It’s hard to wrap your mind around the fact that you cannot control having privilege. It is given to you for merely being a man, having white skin, being wealthy, etc. It’s hard because you cannot see it yourself until it’s pointed out to you.

People pointing out that you are indirectly harming them sucks. Especially if you think yourself as kind, or try your best to be a good person. It sucks. You want to protect this image you have of yourself and others by saying that you  are not like that! Not everyone is like that! You are protecting your feelings and your feelings alone by doing this. If you can sit there and tell yourself “I am not like that” you will feel better. You are not hurting anyone, right?

Wrong.

By making it about you. About your feelings, you are taking privilege out of context. Privilege doesn’t hurt you. It hurts the people who are oppressed by you. Ignoring it doesn’t make it go away anymore than ignoring a bully makes them stop.

People often get stuck in denial. They keep butting up against the same wall of protecting their feelings and self image.

If they can make it over the first hurdle and tackle anger, it usually gets presented in two ways.

Internalizing the anger. Being angry at yourself, is self destructive. It does no good to get angry at yourself and beat up on yourself. Turn the anger outward towards the system that causes the oppression to happen.
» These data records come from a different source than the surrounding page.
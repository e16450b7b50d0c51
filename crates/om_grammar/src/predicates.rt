//! The parser of predicates.

ghost use Rattle.om_grammar.specs.Parsers.{Reads};
ghost use Rattle.om_grammar.specs.Reading as spec;

use crate::aggregates::Aggregates;
use crate::cond_tree::{CondTree, Polarity, Predicate};
use crate::cursor::Cursor;
use crate::expr_tree::ExprTree;
use crate::expressions;
use crate::found::Found;
use crate::lead::{Negatable, Word};
use crate::stop::Stop;
use om_token::Terminal;
use sqlite_items::Items as Members;
use std::alloc::Global;

/// An expression without aggregates.
#[tactic(auto, unfolding(crate::specs::Reading::expr))]
pub fn value<'a>(
    alloc: Global,
    depth: usize,
    tokens: &mut Cursor<'_, 'a>,
) -> Result<ExprTree<'a>, Stop>
    ensures { Reads (spec.value depth tokens.old) result tokens.new }
{
    expressions::expr(alloc, depth, Aggregates::Refused, tokens)
}

/// `low AND high`, behind BETWEEN.
#[tactic(auto, unfolding(crate::specs::Reading::between))]
fn between<'a>(
    alloc: Global,
    depth: usize,
    at: u32,
    polarity: Polarity,
    what: ExprTree<'a>,
    tokens: &mut Cursor<'_, 'a>,
) -> Result<Predicate<'a>, Stop>
    ensures { Reads (spec.between at polarity what.entry (spec.value depth) tokens.old) result tokens.new }
{
    let low = value(alloc, depth, tokens)?;
    tokens.expect(Terminal::And)?;
    let high = value(alloc, depth, tokens)?;
    Ok(Predicate::Between {
        at,
        polarity,
        what,
        low,
        high,
    })
}

/// Expressions, with commas between them.
#[tactic(auto, unfolding(crate::specs::Reading::listed))]
fn values<'a>(
    alloc: Global,
    depth: usize,
    tokens: &mut Cursor<'_, 'a>,
) -> Result<Members<ExprTree<'a>>, Stop>
    ensures { Reads (spec.listed (spec.value depth) tokens.old) result tokens.new }
{
    let mut values = Members::new(alloc);
    values.push(value(alloc, depth, tokens)?)?;
    'commas: while let Some(_) = tokens.eat(Terminal::Comma) {
        values.push(value(alloc, depth, tokens)?)?;
    }
    Ok(values)
}

/// Expressions between parentheses.
#[tactic(auto, unfolding(crate::specs::Reading::enclosed, crate::specs::Reading::closed))]
fn enclosed_values<'a>(
    alloc: Global,
    depth: usize,
    tokens: &mut Cursor<'_, 'a>,
) -> Result<Members<ExprTree<'a>>, Stop>
    ensures { Reads (spec.enclosed (spec.listed (spec.value depth)) tokens.old) result tokens.new }
{
    tokens.expect(Terminal::LeftParen)?;
    let values = values(alloc, depth, tokens)?;
    tokens.expect(Terminal::RightParen)?;
    Ok(values)
}

/// A list in parentheses, behind IN.
#[tactic(auto, unfolding(crate::specs::Reading::within))]
fn within<'a>(
    alloc: Global,
    depth: usize,
    at: u32,
    polarity: Polarity,
    what: ExprTree<'a>,
    tokens: &mut Cursor<'_, 'a>,
) -> Result<Predicate<'a>, Stop>
    ensures { Reads (spec.within at polarity what.entry (spec.value depth) tokens.old) result tokens.new }
{
    let list = enclosed_values(alloc, depth, tokens)?;
    Ok(Predicate::In {
        at,
        polarity,
        what,
        list,
    })
}

/// What goes on from NOT behind an expression.
#[tactic(auto, unfolding(crate::specs::Reading::after_not))]
fn after_not<'a>(
    alloc: Global,
    depth: usize,
    what: ExprTree<'a>,
    negatable: Negatable,
    tokens: &mut Cursor<'_, 'a>,
) -> Result<Predicate<'a>, Stop>
    ensures { Reads (spec.after_not what.entry (spec.value depth) negatable tokens.old) result tokens.new }
{
    match negatable {
        Negatable::Between { at } => between(alloc, depth, at, Polarity::Negated, what, tokens),
        Negatable::In { at } => within(alloc, depth, at, Polarity::Negated, what, tokens),
    }
}

/// NOT, if it is next.
fn polarity(tokens: &mut Cursor<'_, '_>) -> Polarity
    ensures { Reads (spec.polarity_parser tokens.old) (Ok result) tokens.new }
{
    match tokens.eat(Terminal::Not) {
        Some(_) => Polarity::Negated,
        None => Polarity::Plain,
    }
}

/// `[NOT] NULL`, behind IS.
#[tactic(auto, unfolding(crate::specs::Reading::is_null))]
fn is_null<'a>(
    at: u32,
    what: ExprTree<'a>,
    tokens: &mut Cursor<'_, 'a>,
) -> Result<Predicate<'a>, Stop>
    ensures { Reads (spec.is_null at what.entry tokens.old) result tokens.new }
{
    let polarity = polarity(tokens);
    tokens.expect(Terminal::Null)?;
    Ok(Predicate::IsNull { at, polarity, what })
}

/// What goes on from the word behind an expression.
#[tactic(auto, unfolding(crate::specs::Reading::after_word))]
fn after_word<'a>(
    alloc: Global,
    depth: usize,
    what: ExprTree<'a>,
    word: Word,
    tokens: &mut Cursor<'_, 'a>,
) -> Result<Predicate<'a>, Stop>
    ensures { Reads (spec.after_word what.entry (spec.value depth) word tokens.old) result tokens.new }
{
    match word {
        Word::Compare { at, op } => {
            let right = value(alloc, depth, tokens)?;
            Ok(Predicate::Compare {
                at,
                op,
                left: what,
                right,
            })
        }
        Word::Not => {
            let negatable = tokens.negatable()?;
            after_not(alloc, depth, what, negatable, tokens)
        }
        Word::Between { at } => between(alloc, depth, at, Polarity::Plain, what, tokens),
        Word::In { at } => within(alloc, depth, at, Polarity::Plain, what, tokens),
        Word::Is { at } => is_null(at, what, tokens),
    }
}

/// The expression itself, or the predicate that begins with it.
#[tactic(auto, unfolding(crate::specs::Reading::compared))]
pub fn compared<'a>(
    alloc: Global,
    depth: usize,
    what: ExprTree<'a>,
    tokens: &mut Cursor<'_, 'a>,
) -> Result<Found<'a>, Stop>
    ensures { Reads (spec.compared (spec.value depth) what.entry tokens.old) result tokens.new }
{
    let Some(word) = tokens.word() else {
        return Ok(Found::Value(what));
    };
    let predicate = after_word(alloc, depth, what, word, tokens)?;
    Ok(Found::Truth(CondTree::Predicate(predicate)))
}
Get angry about the fact that you are given these privileges and did nothing for them.

The second way is getting angry at the oppressed group. How dare they point out something that you have no control over. Like it’s a flaw. They are just as bad as xyz for pointing out these awful things you have no control over. Right?

Wrong. Those that get angry at the oppressed group for pointing out privilege are doing absolutely no one a favor. Not themselves, and definitely not the group they oppress. The anger forms in “reverses”. Because they believe that oppression goes both ways. They tango with denial and anger and get stuck in believing that they have it just as bad. How dare someone point out that they have more in one area when they have so little in another?

Bargaining is what I see as asking to be educated. Still dancing in denial, one will ask the oppressed group for education. “If you would just educate me I would do better”. It can combo with anger and become demands. You tell yourself that your research is worthless unless someone can back it up. You can’t rely on your own two feet to wade through the muck and blood of privilege.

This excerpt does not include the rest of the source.